#### AIM OF THE EXERCISE
Reproduce, exactly and in full, only the lines below from the one containing "have no parent." through the one containing "if same_panel(self.panel, key.panel)".
──────── RECORDS PROVIDED
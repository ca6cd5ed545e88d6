ghost use Rattle.std.specs.Prelude.{◌≡◌, MatchOption};
ghost use Rattle.ga_summary.specs.Steps.Loads.{LoadWithin};
ghost use Rattle.ga_summary.specs.Steps.Passing.{begun, reached, layer_plus, with_load};

use crate::load::Load;
use crate::order::same_panel;
use ga_base::{Key, Panel};

/// What two layers of a panel on a day sum to, in the rows passed so far, which rise: of the keys without a parent, which stand
/// first, or of those with one. Of panels, days and parents that lie after nothing is kept.
#[derive(Clone, Copy, Debug)]
pub(crate) struct LayerSums {
    panel: Panel,
    date: u32,
    /// Whether the keys have no parent.
    no_parent: bool,
    /// The layer of those whose label is empty, as groups have it.
    groups: Load,
    /// The layer of the others.
    entries: Load,
}

impl LayerSums {
    /// The sums before the first row.
    pub(crate) fn begin() -> LayerSums
        ensures { result ≡ begun }
    {
        LayerSums {
            panel: Panel::Visitors,
            date: 0,
            no_parent: true,
            groups: Load::NONE,
            entries: Load::NONE,
        }
    }

    /// The sums of a key's layers: none so far, where it is the first of them.
    fn reach(self, key: &Key) -> LayerSums
        ensures { result ≡ reached self key.now }
    {
        let no_parent = key.parent.bytes().is_empty();
        if same_panel(self.panel, key.panel)
            && self.date == key.date
            && self.no_parent == no_parent
        {
            return self;
        }
        LayerSums {
            panel: key.panel,
            date: key.date,
            no_parent,
            groups: Load::NONE,
            entries: Load::NONE,
        }
    }

    /// The sums with a row of the key added in its layer, or None where that is above the most that is allowed.
    pub(crate) fn add(self, key: &Key, more: Load, most: Load) -> Option<LayerSums>
        ensures { MatchOption result (¬ LoadWithin (layer_plus self key.now more) most)
            (λ sums. (sums ≡ with_load self key.now more) × LoadWithin (layer_plus self key.now more) most) }
    {
        let sums = self.reach(key);
        if key.label.bytes().is_empty() {
            Some(LayerSums {
                groups: sums.groups.add(more, most)?,
                ..sums
            })
        } else {
            Some(LayerSums {
                entries: sums.entries.add(more, most)?,
                ..sums
            })
        }
    }
}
────────────────
#### SOLVED PROBLEM
    /// Whether the keys have no parent.
    no_parent: bool,
    /// The layer of those whose label is empty, as groups have it.
    groups: Load,
    /// The layer of the others.
    entries: Load,
}

impl LayerSums {
    /// The sums before the first row.
    pub(crate) fn begin() -> LayerSums
        ensures { result ≡ begun }
    {
        LayerSums {
            panel: Panel::Visitors,
            date: 0,
            no_parent: true,
            groups: Load::NONE,
            entries: Load::NONE,
        }
    }

    /// The sums of a key's layers: none so far, where it is the first of them.
    fn reach(self, key: &Key) -> LayerSums
        ensures { result ≡ reached self key.now }
    {
        let no_parent = key.parent.bytes().is_empty();
        if same_panel(self.panel, key.panel)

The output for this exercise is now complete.